Detect: fine-tuned model answers based on training-time information when users ask about recently updated facts; RAG with the same knowledge base answers correctly.
Fix: use RAG for knowledge that changes more frequently than your retraining cycle; reserve fine-tuning for stable stylistic or structural patterns.

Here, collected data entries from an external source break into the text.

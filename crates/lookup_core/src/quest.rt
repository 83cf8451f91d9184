//! What a lookup asks, and what of an answer it believes: the one place that knows the kinds of queries and of reports.
ghost use Rattle.std.specs.Prelude.{◌≡◌, ◌≤◌, take, map, IfOk};
ghost use Rattle.kad_base.specs.Limits.{max_reports};
ghost use Rattle.kad_krpc.specs.Form.{form};
ghost use Rattle.kad_krpc.specs.Views.{answer_seen};
ghost use Rattle.lookup_core.specs.Quest.{query_message, bare, brought, is_six, part_of, reports_of};

use kad_base::limits::MAX_REPORTS;
use kad_base::{Contact, Family, Id, List, NoMemory, Policy, Proof, Report, Reports};
use kad_krpc::{AnswerView, find_node_into, get_into, get_peers_into};
use kad_records::{Record, Records, with_room};
use std::alloc::Global;

/// What a lookup asks for (BEP 5, BEP 44).
#[derive(Clone, Copy, Debug, PartialEq, Eq)]
pub enum AskKind {
    /// The contacts closest to the target.
    FindNode,
    /// Peers too. The target is the info hash.
    GetPeers,
    /// An immutable item too. The target is its key.
    GetItem,
}

/// What a lookup asks, and what it believes: `own` asks for `target` in the network of `family`, `policy` says which
/// reports may be believed, `timeout` how long to wait for an answer, in milliseconds, `sealed` whether a reply has to
/// carry a tag that is accepted, and `read_only` whether the node answers no queries, and says so (BEP 43). `proof` is the
/// proof of the node's own identifier, which its queries bring unless it is read-only.
#[derive(Clone, Copy, Debug, PartialEq, Eq)]
pub struct Quest {
    pub own: Id,
    pub target: Id,
    pub policy: Policy,
    pub kind: AskKind,
    pub family: Family,
    pub timeout: u32,
    pub sealed: bool,
    pub read_only: bool,
    pub proof: Option<Proof>,
}

/// Whether it is the network of IPv6.
fn is_six(family: Family) -> bool
    ensures { result ≡ is_six family }
{
    match family {
        Family::Four => false,
        Family::Six => true,
    }
}

/// The proof that a query brings: a read-only one brings none, since who answers no queries is taken into no table (BEP 43).
pub fn brought(read_only: bool, proof: &Option<Proof>) -> Option<Proof>
    ensures { result ≡ brought read_only proof.now }
{
    if read_only {
        return None;
    }
    *proof
}

/// The first contacts as reports without a proof, copied out of their datagram.
fn bare_reports<R: Record<Item = Contact>>(
    alloc: Global,
    contacts: &Records<R>,
) -> Result<Reports, NoMemory>
    ensures { IfOk result (λ reports. reports ≡ map bare (take max_reports contacts.now)) }
{
    let few = contacts.len().min(MAX_REPORTS);
    let mut reports = with_room(alloc, few)?;
    for i in 0..few {
        match contacts.at(i) {
            Some(contact) => reports.push(Report {
                contact,
                proof: None,
            })?,
            None => unreachable!(),
        }
    }
    Ok(reports)
}

/// The first contacts of a part of an answer, as reports without a proof.
fn first_contacts<R: Record<Item = Contact>>(
    alloc: Global,
    part: &Option<Records<R>>,
) -> Result<Reports, NoMemory>
    ensures { IfOk result (λ reports. reports ≡ map bare (take max_reports (part_of part.now))) }
{
    match part {
        Some(contacts) => bare_reports(alloc, contacts),
        None => Ok(List::new(alloc)),
    }
}

/// The first reports of a part of an answer, as they are.
fn first_reports<R: Record<Item = Report>>(
    alloc: Global,
    part: &Option<Records<R>>,
) -> Result<Reports, NoMemory>
    ensures { IfOk result (λ reports. reports ≡ take max_reports (part_of part.now)) }
{
    match part {
        Some(reports) => reports.first(alloc, MAX_REPORTS),
        None => Ok(List::new(alloc)),
    }
}

impl Quest {
    /// Writes the query under this transaction id in front of `buf`, and answers its length.
    pub fn query_into(&self, buf: &mut [u8; 192], tx: u32) -> usize
        ensures within { result ≤ 192 }
        ensures form { take result buf.new ≡ form (query_message self.now tx) }
    {
        let six = is_six(self.family);
        let read_only = self.read_only;
        let proof = brought(read_only, &self.proof);
        match self.kind {
            AskKind::FindNode => {
                find_node_into(buf, &self.own, &self.target, six, read_only, &proof, tx)
            }
            AskKind::GetPeers => {
                get_peers_into(buf, &self.own, &self.target, six, read_only, &proof, tx)
            }
            AskKind::GetItem => {
                get_into(buf, &self.own, &self.target, six, read_only, &proof, tx)
            }
        }
    }

    /// The reports that the answer gives: the first 16 contacts of `nodes`, where no proof is wanted, and else of
    /// `snodes`; in the network of IPv6 of `nodes6` and `snodes6`. No other part of it is looked at.
    pub(crate) fn reports_in(&self, alloc: Global, answer: &AnswerView) -> Result<Reports, NoMemory>
        ensures { IfOk result (λ reports. reports ≡ reports_of self.now (answer_seen answer.now)) }
    {
        match (self.family, self.policy) {
            (Family::Four, Policy::Plain) => first_contacts(alloc, &answer.nodes),
            (Family::Four, Policy::Puzzled { .. }) => first_reports(alloc, &answer.snodes),
            (Family::Six, Policy::Plain) => first_contacts(alloc, &answer.nodes6),
            (Family::Six, Policy::Puzzled { .. }) => first_reports(alloc, &answer.snodes6),
        }
    }
}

QLoRA training chosen because of hardware constraints, but quality gap is unacceptable for production
Why: QLoRA's 1-3% quality penalty on most benchmarks is acceptable for general tasks but can be significant for narrow precision-critical tasks (legal, medical, code generation with correctness checks).
Detect: QLoRA-tuned model achieves 82% pass@1 on your code eval; full LoRA on the same adapter achieves 89%; the gap matters for your use case.
Fix: evaluate QLoRA vs full LoRA on your specific eval suite before committing to hardware; rent an A100 80GB for full LoRA if the quality gap is critical and the model is 7-13B.

Connections

fine-tuning/lora-qlora — LoRA and QLoRA parameter mechanics in depth
fine-tuning/dpo-grpo — preference optimisation algorithms (DPO, GRPO, ORPO, KTO)
fine-tuning/frameworks — Axolotl, TRL, Unsloth setup and config
rag/pipeline — the alternative to fine-tuning for knowledge tasks
data/synthetic-data — generating fine-tuning datasets with LLMs
evals/methodology — evaluating before and after to catch catastrophic forgetting

Open Questions

At what point does prompting + RAG genuinely fail to match a fine-tuned model for format compliance?
Is ORPO now the default over DPO for combined SFT+preference pipelines, or are results inconsistent?
What is the minimum dataset size for QLoRA to measurably shift a 7B model's style without overfitting?